Alphabet傘下のグーグルは8月5日、AI研究部門Google DeepMindの経営体制変更を発表した。Google DeepMindのCEOのデミス・ハサビス氏は、Google DeepMindの会長とAlphabetのチーフ・サイエンティストに就任することになる。
デミス・ハサビス氏に代わって運営を担うのは、CTOを務めてきたコレイ・カヴクジュオグル氏だ。ただし、カヴクジュオグル氏はGoogle DeepMindのCEOに就任するわけではなく、SVP(上席副社長)として組織の実務を率いる。ハサビス氏もGoogle DeepMindを退社するのではなく、AGI研究や科学研究に重点を移す。
ハサビス氏は社員向けのメッセージで、「人類史の重大な転換点を迎えた。私は生涯を通じてAGIを目指してきたが、今やそれが手の届くところにあると感じている」と説明した。
同日には、チーフ・サイエンティストを務めてきたジェフ・ディーン氏が、27年間在籍したGoogleを離れることも発表された。ディーン氏はサンジェイ・ゲマワット氏、オリオル・ヴィニャルス氏、クオック・リー氏とともに、新会社Discovery Loopを設立する。

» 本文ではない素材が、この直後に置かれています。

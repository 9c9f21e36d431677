// Replays recorded answers of the Rust (RECORDED.md): what the port returns and writes for each is held to what was recorded, and standard output says
// for each kind how many agree. What differs, and a record that cannot be replayed, is said too.
#![tactic(auto)]

ghost use Rattle.std.specs.Prelude.{◌≡◌, ◌≤◌, length};
ghost use Rattle.records.specs.Records.{room};
ghost use Rattle.replay.specs.Answers.{answered};

use records::{Counts, KINDS, LENT, NoRecord, ROOM};
use std::io;
use std::io::Read;

// So many records that differ are said; the others are only counted.
const SAID: usize = 20;

// Room for a space and a number.
const FIELD: usize = 21;

// What the port answers to what is given by a record of a kind.
// Rules out one kind's answer for another's, and an answer of none.
fn answer(kind: usize, given: &[u8], out: &mut [u8]) -> usize
    requires { length given.now ≤ room }
    ensures { (result, out.new) ≡ answered kind given.now out.old }
{
    // No enum of kinds: a file has their numbers, and eight of the thirteen go on to `answer_floats` as they are.
    match kind {
        0 => recorded::answer_cut(given, out),
        1 => recorded::answer_sequence(given, out),
        2 => run::sicklephlox_run(given, out),
        3 => treelist_text::treelist_output(given, out),
        12 => recorded_samples::answer_sample(given, out),
        _ => recorded::answer_floats(kind, given, out),
    }
}

// Prints a number, after a space.
fn say_number(rt: &impl Print, n: usize) -> io::Result<()> {
    let mut field = [b' '; FIELD];
    let end = 1 + lines::put_decimal(&mut field, 1, n);
    rt.write_all(&field[..end])
}

// Prints a line: a word, and numbers.
fn say(rt: &impl Print, word: &[u8], numbers: &[usize]) -> io::Result<()> {
    rt.write_all(word)?;
    for n in numbers {
        say_number(rt, *n)?;
    }
    rt.write_all(b"\n")
}

// Says that a record differs, if not too many did: what was returned and what was to be, and how many bytes of the buffer are as recorded, from its
// start on. Gives how many are said now.
fn told(
    rt: &impl Print,
    number: usize,
    said: usize,
    returned: usize,
    got: usize,
    same: usize,
) -> io::Result<usize> {
    if said >= SAID {
        return Ok(said);
    }
    say(rt, b"differs", &[number, returned, got, same])?;
    Ok(said + 1)
}

// A word on the end of the replay, where a record is not whole or there is none at all.
fn ended(rt: &impl Print, why: NoRecord, number: usize) -> io::Result<()> {
    match why {
        NoRecord::Ended => Ok(()),
        NoRecord::Short => say(rt, b"short", &[number]),
        NoRecord::Empty => say(rt, b"empty", &[number]),
        NoRecord::Malformed => say(rt, b"malformed", &[number]),
    }
}

// How many records that differ are said after one more record, or none at the end.
fn replay_one(
    rt: &impl Print,
    input: &mut impl Read,
    number: usize,
    said: usize,
    counts: &mut Counts,
) -> io::Result<Option<usize>> {
    let mut given = [0u8; ROOM];
    let mut expected = [LENT; ROOM];
    let head = match records::read(input, number, &mut given, &mut expected) {
        Ok(head) => head,
        Err(why) => {
            ended(rt, why, number)?;
            return Ok(None);
        }
    };
    let size = head.size;
    let mut answers = [LENT; ROOM];
    let got = answer(head.kind, &given[..size], &mut answers);
    let judged = records::judge(head, got, &expected, &answers, counts);
    if judged.agrees {
        return Ok(Some(said));
    }
    let now = told(rt, number, said, head.returned, got, judged.same)?;
    Ok(Some(now))
}

// A proved loop has to end, and nothing says that the input does; so records are counted up to a number that no input has.
fn replay_all(rt: &impl Print, input: &mut impl Read, counts: &mut Counts) -> io::Result<()> {
    let mut said: usize = 0;
    for number in 0..usize::MAX {
        match replay_one(rt, input, number, said, counts)? {
            Some(now) => {
                said = now;
            }
            None => return Ok(()),
        }
    }
    Ok(())
}

// The line of a kind.
fn say_kind(rt: &impl Print, kind: usize, counts: [usize; 2]) -> io::Result<()> {
    say(rt, b"kind", &[kind, counts[0], counts[1]])
}

fn main(rt: HostRuntime) -> io::Result<()> {
    let mut counts = [[0usize; 2]; KINDS];
    replay_all(&rt, &mut rt.reader(), &mut counts)?;
    for (kind, of_kind) in counts.iter().enumerate() {
        say_kind(&rt, kind, *of_kind)?;
    }
    Ok(())
}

Discovery Loopは、機械学習や科学、工学分野における研究と実験のプロセスをAIで自動化することを目指すPBC。日本の制度上の公益企業と同一ではないが、公益目的を掲げる企業形態だ。
ディーン氏はXへの投稿で、研究者が仮説を立て、実験し、結果を分析して次の実験につなげる「発見のループ」を自動化する構想を説明している。

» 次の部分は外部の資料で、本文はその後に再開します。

// Random networks: Robust, held to the plain enumeration of all paths.
use super::rank_random::lent;
use test_calls::answers::{Answer, left_open, refusal, settled};
use test_calls::rank_calls::Request;
use test_calls::robust_calls::{needed_route_rooms, note_short_robusts, robust_agrees};
use test_enumerate::{Choice, Costs, Path};
use test_fixtures::numbers::{count, narrow};
use test_fixtures::report::{Call, Report};

// The answer that the enumeration gives, as Robust's, for a route of so many nodes.
fn answer_of(choice: Choice, nodes: usize) -> Answer {
    let length = count(nodes);
    let figure = narrow(choice.measure.figure);
    let worst = choice.measure.worst;
    let counted = count(choice.count);
    match choice.floor {
        None => settled(length, figure, worst, counted),
        Some(floor) => left_open(length, figure, worst, counted, narrow(floor)),
    }
}

// Robust where the first ranked paths are these: all of them, or K + 1.
fn robust_gives(image: &[u8], n: u32, request: Request, bests: Costs, paths: &[Path]) -> bool {
    let Request { column, wanted, .. } = request;
    let Some(choice) = test_enumerate::robust(column, wanted as usize, paths, bests) else {
        return false;
    };
    let row = choice.route;
    let length = test_enumerate::length(row);
    let found = answer_of(choice, length);
    robust_agrees(
        image,
        request,
        lent(needed_route_rooms(n, request.wanted), request),
        found,
        &row[..length],
    )
}

// Robust where these are the paths that are open in every column. Its answer says nothing of a path
// behind the first K + 1, so these are put into its order.
fn robust_ranked(image: &[u8], n: u32, request: Request, bests: Costs, paths: &mut [Path]) -> bool {
    let looked_at = count(request.wanted as usize) + 1;
    let ranked = looked_at.min(count(paths.len())) as usize;
    test_enumerate::rank(request.column, paths);
    match paths.get(..ranked) {
        Some(first) => robust_gives(image, n, request, bests, first),
        None => false,
    }
}

// Robust, by all paths with their costs. Those that are open in every column are put in front.
fn robust_holds(image: &[u8], n: u32, request: Request, bests: Costs, paths: &mut [Path]) -> bool {
    let open = test_enumerate::open_everywhere(paths);
    if open == 0 {
        return robust_agrees(
            image,
            request,
            lent(needed_route_rooms(n, request.wanted), request),
            refusal(15, 0),
            &[],
        );
    }
    match paths.get_mut(..open) {
        Some(listed) => robust_ranked(image, n, request, bests, listed),
        None => false,
    }
}

// Robust for a pair of nodes in a column, and in column 1 also with slices that are too short.
pub fn note_robusts(
    report: Report,
    image: &[u8],
    n: u32,
    request: Request,
    bests: Costs,
    paths: &mut [Path],
) -> Report {
    let agrees = robust_holds(image, n, request, bests, paths);
    let noted = report.note(Call::Robust, agrees);
    if request.column != 1 {
        return noted;
    }
    let needed = needed_route_rooms(n, request.wanted);
    note_short_robusts(noted, image, request, needed)
}
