// Random networks of 2 to 8 nodes: the calls on their image.
use super::path_random::note_paths;
use arrayvec::ArrayVec;
use std::io;
use test_fixtures::networks::draw_network;
use test_fixtures::plain_image::Network;
use test_fixtures::random::note_networks;
use test_fixtures::report::Report;

fn note_drawn(report: Report, network: Network, numbers: &[u32]) -> Report {
    let image: ArrayVec<u8, 2040> = network.image();
    note_paths(report, network, numbers, image.as_slice())
}

// 3,000 networks of an edition.
fn networks(edition: u32) -> Report {
    note_networks(
        1,
        &mut [0; 520],
        3000,
        |numbers, _| draw_network(edition, numbers),
        |report, small, numbers| note_drawn(report, small.lent(), numbers),
    )
}

pub fn run(rt: &impl Print) -> io::Result<()> {
    networks(1).print(rt, "random networks")?;
    networks(2).print(rt, "random networks of edition 2")
}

報道によると、発表後にAlphabet株は約4%下落した。GoogleのAI研究を長年支えてきた幹部や研究者が同時に役割を変えたり、退社したりすることから、一部の投資家の間では人材流出や開発体制への影響を懸念する見方も出ている。
ただし、デミス・ハサビス氏はGoogle DeepMindを離れるわけではない。ジェフ・ディーン氏らが設立する新会社Discovery Loopについても、Googleが出資とクラウド提供を継続するため、GoogleのAI中核人材が完全に離れると見るのは適切ではないだろう。
ひとこと:再編の目的は、コレイ・カヴクジュオグル氏の下でGeminiなどAIサービスの開発と展開を進めつつ、デミス・ハサビス氏をAGI戦略や科学応用など長期的な目標に集中させる、二層構造への移行とみるのが自然だ。